Neurotic persons reported more negative life events (Magnus et al.,
1993), but neuroticism proved to be unrelated to the course of depressive symptoms after controlling for baseline severity. Moreover,
persons with high extraversion scores were more likely to experience
positive life events, and most importantly, the predictive value of
extraversion for the course of depressive symptoms seemed to be
partly caused by differential exposure to or, perhaps more appropriately labeled, engagement in positive life events (Zautra et al., 2005).
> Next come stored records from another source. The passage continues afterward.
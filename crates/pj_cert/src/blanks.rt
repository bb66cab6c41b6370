// What is asked of `escape` where nothing else is known: a row and instances of zeros and empty texts.
ghost use Rattle.std.specs.Prelude.{◌≡◌, ◌<◌, ◌≤◌, ◌^◌, ◌++◌, IfOk, OnOk, length, true};
ghost use Rattle.pj_shape.specs.Columns.{domains_of};
ghost use Rattle.pj_shape.specs.Sound.{IsSoundSpec, FitSchemes};
ghost use Rattle.pj_graph.specs.Reaching.{AreFewSchemes};
ghost use Rattle.pj_pattern.specs.Fitting.{row_fits};
ghost use Rattle.pj_cert.specs.Instances.{AreInstances, blanks, blank_instances_of, blank_input, blank_ones as ones_of, constants_of, marked};

use crate::escaping::blank;
use pj_graph::is_among;
use pj_shape::{Instance, JoinSpec, Schema, Scheme, Schemes};
use pj_value::{List, NoMemory, Row, Value};
use std::alloc::Global;

/// The row of 0 and the empty text, by the kinds of the columns.
#[tactic(auto, using(crate::proofs::BlankOnes::blanks_fit))]
pub fn blank_row(alloc: Global, schema: &Schema) -> Result<Row, NoMemory>
    ensures row { IfOk result (λ row. row ≡ blanks (domains_of schema.now)) }
    ensures fits { IfOk result (λ row. row_fits (domains_of schema.now) row ≡ true) }
{
    Ok(Row::of(blank_values(alloc, schema)?))
}

fn blank_values(alloc: Global, schema: &Schema) -> Result<List<Value>, NoMemory>
    ensures { IfOk result (λ values. values ≡ blanks (domains_of schema.now)) }
{
    let mut values = List::new(alloc);
    for column in schema.columns() {
        values.push(blank(alloc, column.kind)?)?;
    }
    Ok(values)
}

/// For each input that is not reached, in order, and each of its schemes in order, the instance whose constants are 0 and the
/// empty text, by the kinds of the marked columns.
#[tactic(auto, using(crate::proofs::BlankOnes::blank_given, crate::proofs::BlankOnes::blank_few))]
pub fn blank_instances(
    alloc: Global,
    spec: &JoinSpec,
    schemes: &Schemes,
    reached: &[u32],
) -> Result<List<Instance>, NoMemory>
    requires sound { IsSoundSpec spec.now }
    requires fitting { FitSchemes spec.now.inputs schemes.now }
    requires few { AreFewSchemes schemes.now }
    ensures instances { IfOk result (λ listed. listed ≡ blank_instances_of spec.now schemes.now reached.now) }
    ensures given { IfOk result (λ listed. AreInstances spec.now schemes.now listed) }
    ensures few { IfOk result (λ listed. length (constants_of listed) < 2 ^ 32) }
{
    let listed = instances_of(alloc, spec, schemes, reached)?;
    Ok(listed)
}

fn instances_of(
    alloc: Global,
    spec: &JoinSpec,
    schemes: &Schemes,
    reached: &[u32],
) -> Result<List<Instance>, NoMemory>
    requires sound { IsSoundSpec spec.now }
    requires fitting { FitSchemes spec.now.inputs schemes.now }
    requires few { AreFewSchemes schemes.now }
    ensures { IfOk result (λ listed. listed ≡ blank_instances_of spec.now schemes.now reached.now) }
{
    let mut listed = List::new(alloc);
    for (input, schema) in spec.inputs.as_slice().iter().enumerate() {
        let list = schemes.at(input).as_slice();
        append_input(alloc, reached, input as u32, schema, list, &mut listed)?;
    }
    Ok(listed)
}

// The same for one input.
fn append_input(
    alloc: Global,
    reached: &[u32],
    input: u32,
    schema: &Schema,
    list: &[Scheme],
    listed: &mut List<Instance>,
) -> Result<(), NoMemory>
    requires { length list.now ≤ 256 }
    ensures { OnOk result (listed.new ≡ listed.old ++ blank_input reached.now input (domains_of schema.now) list.now) }
{
    if is_among(reached, input) {
        return Ok(());
    }
    append_ones(alloc, input, schema, list, listed)?;
    Ok(())
}

// Appends the instance of each of these schemes of the input.
fn append_ones(
    alloc: Global,
    input: u32,
    schema: &Schema,
    list: &[Scheme],
    listed: &mut List<Instance>,
) -> Result<(), NoMemory>
    requires { length list.now ≤ 256 }
    ensures { OnOk result (listed.new ≡ listed.old ++ ones_of input (domains_of schema.now) 0 list.now) }
{
    for (n, scheme) in list.iter().enumerate() {
        let constants = blank_constants(alloc, schema, scheme)?;
        listed.push(Instance {
            input,
            scheme: n as u32,
            constants,
        })?;
    }
    Ok(())
}

fn blank_constants(alloc: Global, schema: &Schema, scheme: &Scheme) -> Result<List<Value>, NoMemory>
    ensures { IfOk result (λ constants. constants ≡ blanks (marked scheme.now (domains_of schema.now))) }
{
    let mut constants = List::new(alloc);
    for n in 0..scheme.len().min(schema.len()) {
        if *scheme.at(n) {
            constants.push(blank(alloc, schema.at(n).kind)?)?;
        }
    }
    Ok(constants)
}
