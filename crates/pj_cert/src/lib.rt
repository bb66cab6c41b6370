//! Certificates of the inputs of a join, closed sets of its inputs, and rows that show why an input is stuck.
#![tactic(auto)]

mod blanks;
mod checks;
mod escaping;
mod fresh;
mod laws;
mod partners;
mod verdicts;
mod verified;

pub use blanks::{blank_instances, blank_row};
pub use checks::closed;
pub use escaping::escape;
pub use fresh::{fresh_number, fresh_text};
pub use laws::{escaping_is_lawful, fresh_values_are_new};
pub use partners::partners_text;
pub use verdicts::{reached_line, unreached_line, verdict_text};
pub use verified::verify;
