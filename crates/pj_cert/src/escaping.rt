// Rows that show why an input of a join is stuck.
ghost use Rattle.std.specs.Prelude.{◌≡◌, ◌<◌, ◌≤◌, ◌^◌, ◌∷◌, [], IfOk, length, true};
ghost use Rattle.pj_shape.specs.Columns.{domains_of};
ghost use Rattle.pj_shape.specs.Joining.{value_at};
ghost use Rattle.pj_shape.specs.Sound.{IsSoundSpec, FitSchemes};
ghost use Rattle.pj_pattern.specs.Fitting.{row_fits};
ghost use Rattle.pj_shape.specs.Sets.{IsClosed};
ghost use Rattle.pj_cert.specs.Instances.{AreInstances, blank as blank_of, constants_of};
ghost use Rattle.pj_cert.specs.Escaping.{Escapes, escape_rows, class_value as value_of_class, class_with as class_of, column_of as column_in, column_value as value_of_column};
ghost use Rattle.pj_cert.specs.Escaping.{fresh, other_value as value_of_other, row_of as row_for, rows_from, values_from};
ghost use Rattle.pj_cert.specs.Laws.{schema_of};
ghost use Rattle.pj_value.specs.Lists.{has};

use crate::fresh::{fresh_number, fresh_text};
use pj_graph::touches;
use pj_shape::{ClassCol, Instance, JoinSpec, Schema, Schemes, has_column};
use pj_value::{Kind, List, NoMemory, Row, SharedText, Value};
use std::alloc::Global;
use std::marker::Model;

/// Why an input of a join is stuck: one row for each input, this row at this input, that join, and of which none of an input
/// that is not reached matches a listed instance. So no list of instances of those inputs can end the need for the row.
///
/// A class with a column of the input has the row's value. Any other class with a column of a reached input, and any column
/// of a reached input outside all classes, has 0 or the empty text. All else has a fresh value: the least number from 0 on
/// that is no listed constant, or as many `a` as one more than the longest listed text has bytes.
pub fn escape(
    alloc: Global,
    spec: &JoinSpec,
    schemes: &Schemes,
    input: u32,
    reached: &[u32],
    row: &Row,
    listed: &[Instance],
) -> Result<List<Row>, NoMemory>
    requires sound { IsSoundSpec spec.now }
    requires fitting { FitSchemes spec.now.inputs schemes.now }
    requires closed { IsClosed spec.now schemes.now (has reached.now) }
    requires inside { has reached.now input ≡ true }
    requires input { input < length spec.now.inputs }
    requires row { row_fits (domains_of (schema_of spec.now input)) row.now ≡ true }
    requires listed { AreInstances spec.now schemes.now listed.now }
    requires few { length (constants_of listed.now) < 2 ^ 32 }
    ensures { IfOk result (λ rows. Escapes spec.now schemes.now input reached.now row.now listed.now rows) }
{
    let rows = chosen_rows(alloc, spec, input, reached, row, listed)?;
    Ok(rows)
}

fn chosen_rows(
    alloc: Global,
    spec: &JoinSpec,
    input: u32,
    reached: &[u32],
    row: &Row,
    listed: &[Instance],
) -> Result<List<Row>, NoMemory>
    requires sound { IsSoundSpec spec.now }
    requires few { length (constants_of listed.now) < 2 ^ 32 }
    ensures { IfOk result (λ rows. rows ≡ escape_rows spec.now input reached.now row.now listed.now) }
{
    let number = fresh_number(alloc, listed)?;
    let text = fresh_text(alloc, listed)?;
    let chooser = Chooser {
        classes: spec.classes.as_slice(),
        input,
        row,
        reached,
        number,
        text,
    };
    let rows = rows_of(alloc, &chooser, spec)?;
    Ok(rows)
}

// What decides the values of the rows.
#[derive(Drop)]
struct Chooser<'a> {
    classes: &'a [List<ClassCol>],
    input: u32,
    row: &'a Row,
    reached: &'a [u32],
    number: u32,
    text: SharedText,
}

impl<'a> Model for Chooser<'a> {
    ghost use Rattle.pj_cert.specs.Escaping.{Case};

    ghost Value = { Case };

    ghost view = { λ c. record { classes = c.classes.now; input = c.input; row = c.row.now; reached = c.reached.now; number = c.number; text = c.text } };
}

fn rows_of(alloc: Global, chooser: &Chooser<'_>, spec: &JoinSpec) -> Result<List<Row>, NoMemory>
    requires { IsSoundSpec spec.now }
    ensures { IfOk result (λ rows. rows ≡ rows_from chooser.now 0 spec.now.inputs) }
{
    let mut rows = List::new(alloc);
    for (input, schema) in spec.inputs.as_slice().iter().enumerate() {
        rows.push(chooser.row_of(alloc, input as u32, schema)?)?;
    }
    Ok(rows)
}

impl<'a> Chooser<'a> {
    fn row_of(&self, alloc: Global, input: u32, schema: &Schema) -> Result<Row, NoMemory>
        requires { length schema.now ≤ 120 }
        ensures { IfOk result (λ row. row ≡ row_for self.now input schema.now) }
    {
        if input == self.input {
            return self.row.copy(alloc);
        }
        Ok(Row::of(self.values_of(alloc, input, schema)?))
    }

    fn values_of(&self, alloc: Global, input: u32, schema: &Schema) -> Result<List<Value>, NoMemory>
        requires { length schema.now ≤ 120 }
        ensures { IfOk result (λ values. values ≡ values_from self.now input 0 schema.now) }
    {
        let mut values = List::new(alloc);
        for (n, column) in schema.columns().iter().enumerate() {
            let column_at = ClassCol {
                input,
                column: n as u32,
            };
            values.push(self.column_value(alloc, column_at, column.kind)?)?;
        }
        Ok(values)
    }

    fn column_value(&self, alloc: Global, at: ClassCol, kind: Kind) -> Result<Value, NoMemory>
        ensures { IfOk result (λ value. value ≡ value_of_column self.now at kind) }
    {
        let alone = [at];
        self.class_value(alloc, kind, class_with(self.classes, at, &alone))
    }

    fn class_value(&self, alloc: Global, kind: Kind, class: &[ClassCol]) -> Result<Value, NoMemory>
        ensures { IfOk result (λ value. value ≡ value_of_class self.now kind class.now) }
    {
        match column_of(class, self.input) {
            None => self.other_value(alloc, kind, class),
            Some(column) => own_value(alloc, self.row, column),
        }
    }

    fn other_value(&self, alloc: Global, kind: Kind, class: &[ClassCol]) -> Result<Value, NoMemory>
        ensures { IfOk result (λ value. value ≡ value_of_other self.now kind class.now) }
    {
        if touches(class, self.reached) {
            blank(alloc, kind)
        } else {
            self.fresh_value(kind)
        }
    }

    fn fresh_value(&self, kind: Kind) -> Result<Value, NoMemory>
        ensures { IfOk result (λ value. value ≡ fresh self.now kind) }
    {
        match kind {
            Kind::Int => Ok(Value::Int(i64::from(self.number))),
            Kind::Text => Ok(Value::Text(self.text.share()?)),
        }
    }
}

// The first class that has the column; where there is none the class of this column alone.
fn class_with<'a>(
    classes: &'a [List<ClassCol>],
    at: ClassCol,
    alone: &'a [ClassCol],
) -> &'a [ClassCol]
    requires { alone.now ≡ at ∷ [] }
    ensures { result.now ≡ class_of classes.now at }
{
    for class in classes {
        if has_column(class.as_slice(), at) {
            return class.as_slice();
        }
    }
    alone
}

fn column_of(class: &[ClassCol], input: u32) -> Option<u32>
    ensures { result ≡ column_in input class.now }
{
    for at in class {
        if at.input == input {
            return Some(at.column);
        }
    }
    None
}

fn own_value(alloc: Global, row: &Row, column: u32) -> Result<Value, NoMemory>
    ensures { IfOk result (λ value. value ≡ value_at row.now column) }
{
    match row.get(column as usize) {
        None => blank(alloc, Kind::Text),
        Some(value) => value.copy(alloc),
    }
}

/// 0 or the empty text.
pub(crate) fn blank(alloc: Global, kind: Kind) -> Result<Value, NoMemory>
    ensures { IfOk result (λ value. value ≡ blank_of kind) }
{
    match kind {
        Kind::Int => Ok(Value::Int(0)),
        Kind::Text => Ok(Value::Text(SharedText::of(alloc, List::new(alloc))?)),
    }
}
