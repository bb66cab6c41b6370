// A number and a text that are none of the constants of some instances.
ghost use Rattle.std.specs.Prelude.{◌≡◌, ◌<◌, ◌^◌, IfOk, length};
ghost use Rattle.pj_cert.specs.Instances.{constants_of};
ghost use Rattle.pj_cert.specs.Fresh.{first_free as free_place, free_number, free_text, longest, text_length as bytes_of, with_mark, with_marks};

use pj_shape::Instance;
use pj_value::{List, NoMemory, SharedText, Value};
use std::alloc::Global;

/// The least number from 0 on that is no listed constant.
pub fn fresh_number(alloc: Global, listed: &[Instance]) -> Result<u32, NoMemory>
    requires { length (constants_of listed.now) < 2 ^ 32 }
    ensures { IfOk result (λ n. n ≡ free_number (constants_of listed.now)) }
{
    let count = count_of(listed);
    let mut taken = vec![in alloc; false; count]?;
    mark_listed(listed, taken.as_mut_slice());
    Ok(first_free(taken.as_slice()))
}

/// As many `a` as one more than the longest listed text constant has bytes.
pub fn fresh_text(alloc: Global, listed: &[Instance]) -> Result<SharedText, NoMemory>
    ensures { IfOk result (λ text. text ≡ free_text (constants_of listed.now)) }
{
    let count = longest_listed(listed);
    let mut letters = List::of(vec![in alloc; b'a'; count]?);
    letters.push(b'a')?;
    SharedText::of(alloc, letters)
}

fn count_of(listed: &[Instance]) -> usize
    requires { length (constants_of listed.now) < 2 ^ 32 }
    ensures { result ≡ length (constants_of listed.now) }
{
    let mut count: usize = 0;
    for instance in listed {
        count += instance.constants.len();
    }
    count
}

fn mark_listed(listed: &[Instance], taken: &mut [bool])
    ensures { taken.new ≡ with_marks taken.old (constants_of listed.now) }
{
    for instance in listed {
        mark_all(instance.constants.as_slice(), taken);
    }
}

fn mark_all(values: &[Value], taken: &mut [bool])
    ensures { taken.new ≡ with_marks taken.old values.now }
{
    for value in values {
        mark(value, taken);
    }
}

fn mark(value: &Value, taken: &mut [bool])
    ensures { taken.new ≡ with_mark taken.old value.now }
{
    match value {
        Value::Int(n) => {
            if *n >= 0 && (*n as u64) < taken.len() as u64 {
                taken[*n as usize] = true;
            }
        }
        Value::Text(_) => {}
    }
}

fn first_free(taken: &[bool]) -> u32
    requires { length taken.now < 2 ^ 32 }
    ensures { result ≡ free_place 0 taken.now }
{
    for (n, mark) in taken.iter().enumerate() {
        if !*mark {
            return n as u32;
        }
    }
    taken.len() as u32
}

fn longest_listed(listed: &[Instance]) -> usize
    ensures { result ≡ longest (constants_of listed.now) }
{
    let mut most: usize = 0;
    for instance in listed {
        most = most.max(longest_of(instance.constants.as_slice()));
    }
    most
}

fn longest_of(values: &[Value]) -> usize
    ensures { result ≡ longest values.now }
{
    let mut most: usize = 0;
    for value in values {
        most = most.max(text_length(value));
    }
    most
}

fn text_length(value: &Value) -> usize
    ensures { result ≡ bytes_of value.now }
{
    match value {
        Value::Int(_) => 0,
        Value::Text(text) => text.len(),
    }
}
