// Whether a set of inputs of a join is closed.
ghost use Rattle.std.specs.Prelude.{◌≡◌, ◌<◌, ◌≤◌, ◌↔◌, IsTrue, All, length};
ghost use Rattle.pj_shape.specs.Sound.{IsSoundSpec, FitSchemes};
ghost use Rattle.pj_shape.specs.Sets.{IsClosed, is_bound as bound, are_bound as all_bound};
ghost use Rattle.pj_cert.specs.Tests.{is_met as met, any_usable as some_usable, closed_from, passes};
ghost use Rattle.pj_value.specs.Lists.{has};

use pj_graph::{is_among, touches};
use pj_shape::{ClassCol, JoinSpec, Scheme, Schemes, has_column};
use pj_value::List;

/// Whether these inputs are a closed set: no other input has a scheme all of whose marked columns lie in classes with a
/// column of one of these.
pub fn closed(spec: &JoinSpec, schemes: &Schemes, reached: &[u32]) -> bool
    requires sound { IsSoundSpec spec.now }
    requires fitting { FitSchemes spec.now.inputs schemes.now }
    ensures { IsTrue result ↔ IsClosed spec.now schemes.now (has reached.now) }
{
    none_escapes(spec, schemes, reached)
}

fn none_escapes(spec: &JoinSpec, schemes: &Schemes, reached: &[u32]) -> bool
    requires sound { IsSoundSpec spec.now }
    requires fitting { FitSchemes spec.now.inputs schemes.now }
    ensures { result ≡ closed_from spec.now.classes reached.now 0 schemes.now }
{
    for input in 0..schemes.len() {
        let list = schemes.at(input).as_slice();
        if !is_passed(spec.classes.as_slice(), reached, input as u32, list) {
            return false;
        }
    }
    true
}

fn is_passed(classes: &[List<ClassCol>], known: &[u32], input: u32, list: &[Scheme]) -> bool
    requires { All (λ marks. length marks ≤ 120) list.now }
    ensures { result ≡ passes classes.now known.now input list.now }
{
    is_among(known, input) || !any_usable(classes, known, input, list)
}

fn any_usable(classes: &[List<ClassCol>], known: &[u32], input: u32, list: &[Scheme]) -> bool
    requires { All (λ marks. length marks ≤ 120) list.now }
    ensures { result ≡ some_usable classes.now known.now input list.now }
{
    for scheme in list {
        if are_bound(classes, known, input, scheme) {
            return true;
        }
    }
    false
}

/// Whether each marked column of this scheme of the input lies in a class with a column of a known input.
pub(crate) fn are_bound(
    classes: &[List<ClassCol>],
    known: &[u32],
    input: u32,
    scheme: &Scheme,
) -> bool
    requires { length scheme.now ≤ 120 }
    ensures { result ≡ all_bound (has known.now) classes.now input 0 scheme.now }
{
    for column in 0..scheme.len() {
        let at = ClassCol {
            input,
            column: column as u32,
        };
        if !is_met(classes, known, at, *scheme.at(column)) {
            return false;
        }
    }
    true
}

fn is_met(classes: &[List<ClassCol>], known: &[u32], at: ClassCol, mark: bool) -> bool
    ensures { result ≡ met classes.now known.now at mark }
{
    !mark || is_bound(classes, known, at)
}

fn is_bound(classes: &[List<ClassCol>], known: &[u32], at: ClassCol) -> bool
    ensures { result ≡ bound (has known.now) classes.now at.input at.column }
{
    classes.iter().any(|class| has_column(class.as_slice(), at) && touches(class.as_slice(), known))
}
However, the size of the associations was relatively small. Overall, our
results are partly supportive of the life event mediation model, which
assumes that life events mediate the relationship of personality
dimensions with depressive symptoms.
Strengths of the present study include a) a prospective and
longitudinal design in a representative sample of participants with
a previous depressive disorder from different recruitment settings,
b) use of a structured diagnostic interview to assess diagnostic status
at baseline, and c) examination of healthy controls and euthymic
previously depressed individuals, making it unlikely that the differential effects of neuroticism and life events are confounded by depression severity.
Finally, three limitations of this study merit consideration:
a) the prevalence of life events was self-reported retrospectively, and
we did not verify whether persons did, in fact, experience these positive or negative life events. Therefore, the reports may have been
biased by mood state at 1-year follow-up, and future studies would
benefit from interview-based measures of life events. b) Part of the
association between life events and course of symptoms might have
arisen from life events being a consequence, rather than a cause, of
the course of symptoms. Because symptom levels, as measured
during the last week of the 1-year follow-up, may have already been
present at an earlier moment during the 1-year follow-up period,
reverse causality cannot be ruled out before the occurrence of positive and negative life events. c) There was no structured diagnostic
interview to assess the recurrence of depression during the 1-year
follow-up period.
CONCLUSIONS
Remitted persons reported higher IDS scores at 1-year followup than did controls. Extraversion and positive and negative life
events independently predicted the course of depressive symptoms.
The impact of life events on symptom course was not moderated by
the history of depression or personality traits. The effect of extraversion on symptom course was partly caused by differential engagement in positive life events. Acquiring strategies to actively
engage in positive life events and to cope more adequately with
negative life events may be indicated to prevent relapse of depression.